What is your base timing set to? If it's more than 5* I would set it back to 5. This is a huge cause of unsolveable knock problems.

Also what I want to know is how you are not fuel cutting. That's a mystery. If I were you I would consider getting a true Blaha MAS. It worked great for me with the stock injectors and no AFC. Either that or swap in a known good MAS. It may be possible that yours is bad and missing counts, therefore your IPW isn't what it should be for the actual airflow.
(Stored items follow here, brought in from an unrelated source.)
//! Laws over lines: their states by what happens at a clock, victims, what ends bring and put: no
//! code.

ghost use Rattle.std.specs.Prelude.{◌≡◌, ◌↔◌, ◌+◌, ℕ, true, false, None, Some, if◌then◌else◌};
ghost use Rattle.std.specs.List.{list_any};
ghost use Rattle.fsb_line.specs.declared.state.Mesi.TheVariants.{Invalid};
ghost use Rattle.fsb_timely.specs.Past.{Grant, Past, SnoopEnd};
ghost use Rattle.fsb_timely.specs.Grants.{ended_requests, grant_at, is_evicted, is_granted, is_lost, is_named_by_other, is_rival, is_taken_away, is_written_back, snooped_at};
ghost use Rattle.fsb_timely.specs.Completions.{is_brought};
ghost use Rattle.fsb_timely.specs.Scripts.{Need};
ghost use Rattle.fsb_coherent.specs.Facts.{IsRepliedOn};
ghost use Rattle.fsb_run_laws.specs.Brought.{ServesDeferred, brings};
ghost use Rattle.fsb_timely.specs.Hits.{is_dirty, is_hit, line_state_of};
ghost use Rattle.fsb_timely.specs.Runs.{Run, past_of};
ghost use Rattle.fsb_timely.specs.Wants.{victim_of};
ghost use Rattle.fsb_run_laws.specs.Reaches.{Reaches};
ghost use Rattle.fsb_run_laws.specs.RunStates.{state_below, state_granted, state_read, state_stored, state_through, stores_at};
ghost use Rattle.fsb_trace.specs.Response.{end_of};
ghost use Rattle.fsb_tied.specs.RunBytes.{is_put_below, number_put_below};

/// The state of a line at an agent, by what happens at a clock. A hit there counts at the clock; a
/// store makes a line that the agent has for itself a modified one. One clock on the state is that
/// of the grant, where the line is granted to the agent; otherwise nothing is left of it where the
/// agent begins a request for a rival or writes it back, or another agent asks it for itself;
/// another agent's request that names it leaves it shared; and else it stays.
pub fn line_states_step()
    ensures hits { (p : Past) (a line n : ℕ) → line_state_of p a line n
        ≡ (if is_hit p a n then state_through p a line n else state_below p a line n) }
    ensures stores { (p : Past) (a line n : ℕ) → state_through p a line n
        ≡ (if stores_at p a line n then state_stored (state_below p a line n)
        else state_below p a line n) }
    ensures granted { (r : Run) (a line n : ℕ) (grant : Grant) → Reaches r (n + 1) →
        is_granted (past_of r) a line n ≡ true → grant_at (past_of r) n ≡ Some grant →
        state_below (past_of r) a line (n + 1) ≡ state_granted grant }
    ensures evicted { (p : Past) (a line n : ℕ) → is_granted p a line n ≡ false →
        is_evicted p a line n ≡ true → state_below p a line (n + 1) ≡ Invalid }
    ensures written_back { (p : Past) (a line n : ℕ) → is_granted p a line n ≡ false →
        is_written_back p a line n ≡ true → state_below p a line (n + 1) ≡ Invalid }
    ensures taken_away { (p : Past) (a line n : ℕ) → is_granted p a line n ≡ false →
        is_taken_away p a line n ≡ true → state_below p a line (n + 1) ≡ Invalid }
    ensures read { (p : Past) (a line n : ℕ) → is_granted p a line n ≡ false →
        is_lost p a line n ≡ false → is_named_by_other p a line n ≡ true →
        state_below p a line (n + 1) ≡ state_read (state_through p a line n) }
    ensures kept { (p : Past) (a line n : ℕ) → is_granted p a line n ≡ false →
        is_lost p a line n ≡ false → is_named_by_other p a line n ≡ false →
        state_below p a line (n + 1) ≡ state_through p a line n }
{}

/// The victim of an agent for a line is, in a timely run, the rival of the line on which the agent
/// is dirty: there is one at most, since an agent has one line of a cache set (fsb_tied's
/// sets_have_one_line).
pub fn victims_are_dirty_rivals()
    ensures dirty { (r : Run) (a line victim n : ℕ) → Reaches r n →
        is_rival (past_of r) victim line ≡ true → is_dirty (past_of r) a victim n ≡ true →
        victim_of (past_of r) a n line ≡ Some victim }
    ensures victim { (r : Run) (a line victim n : ℕ) →
        victim_of (past_of r) a n line ≡ Some victim →
        (is_rival (past_of r) victim line ≡ true)
        × (is_dirty (past_of r) a victim n ≡ true) }
{}

/// A line is brought to an agent at a clock exactly where a request ends there whose snoop end
/// granted it to the agent, as it is needed: so whether an agent has an arrival shows by the ends
/// of the clock.
pub fn ends_bring_lines()
    ensures { (r : Run) (a n : ℕ) (need : Need) → Reaches r (n + 1) →
        is_brought (past_of r) a n need
        ≡ list_any (brings (past_of r) a n need) (ended_requests (past_of r) n) }
{}

/// The snoop end of a reply that grants a line is for the deferral of the line, and the request
/// that it serves is the one that was Deferred.
pub fn replies_serve_deferrals()
    ensures deferral { (r : Run) (n : ℕ) (s : SnoopEnd) (grant : Grant) → Reaches r (n + 1) →
        snooped_at (past_of r) n ≡ Some s → s.claim ≡ None → s.grant ≡ Some grant →
        IsRepliedOn (past_of r) grant.line n s grant }
    ensures served { (r : Run) (n : ℕ) (s : SnoopEnd) (grant : Grant) →
        snooped_at (past_of r) n ≡ Some s → s.claim ≡ None → s.grant ≡ Some grant →
        ServesDeferred r n grant }
{}

/// The last request that put a line into memory, one clock on: the one that ends at the clock,
/// where it puts the line, and otherwise the one of before.
pub fn last_puts_step()
    ensures kept { (r : Run) (line n : ℕ) →
        ((i : ℕ) → end_of r.trace i ≡ Some n →
        is_put_below r (past_of r) line (n + 1) i ≡ false) →
        number_put_below r line (n + 1) ≡ number_put_below r line n }
    ensures put { (r : Run) (line n i : ℕ) → Reaches r (n + 1) → end_of r.trace i ≡ Some n →
        is_put_below r (past_of r) line (n + 1) i ≡ true →
        number_put_below r line (n + 1) ≡ Some i }
{}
You may find that with the new MAS you will fuel cut, which is good, it means your MAS is bad and now you need a Blaha MAS which in the longrun will work out really well.
 
Yes removing the lower honeycomb in a 1G MAF will lean it out some but not a lot. The stock a/f ratio is actually quite rich and could use a little leaning. 550s will richen the a/f ratio a lot more then removing the lower honeycomb will. When you go to 550s you get an S-AFC or equivalent.

"i do NOT want an afc. I am trying to keep this car simple so it is fun to drive and always goes fast. I see everyone with those AFC's always being out of tune when weather goes from 70 degrees to 90 degrees. car back firing, etc. thats just a headache i dont need. nor do i have the patience or money to go that route. maybe one day down the road. "

That is not an accurate representation of most cars with the AFC installed. I know because I have one. I think you should go do some research on them before you make comments like that. BTW if you add a resistance to the IAT you are also going to make your car less able to react to changes in temp so your reasoning not to go to AFC should apply to this mod too... why doesn't it?

What are your o2 sensor values all the way thru a 3rd gear pull?
 
well my base timing is set at 10 degrees so i'll try turning that back to 5 degrees and see what i come up with.

the o2 readings i was getting were .87-.89.... before most of these mods it was around .92. the o2 sensor is old and i should probably pick up a new one. knock continues to get worse as RPMS climb and my timing goes down hill from 4000 rpm. down to around 8-10.

i'll try putting the timing at 5 degrees base and see what happens, then i'll back in the screw if that doesnt work. and as last resort i will put that 10K pot inline.

i'll let u know if i see any differences
 
Originally posted by Grizzly Racing
well my base timing is set at 10 degrees so i'll try turning that back to 5 degrees and see what i come up with.

I'm thinking that's it. 10* is way to high with no fuel control to speak of. In some cases, even with fuel control, and plenty of volume, this still poses a problem.
 
batmangsx..... you were right on the money with the timing.

i set the timing to 5 degrees base.

did a full pull. my o2 shot upto .96 volts. and my knock was ZERO all the way to redline.

thanks for the help. now i'm off to turn up the boost.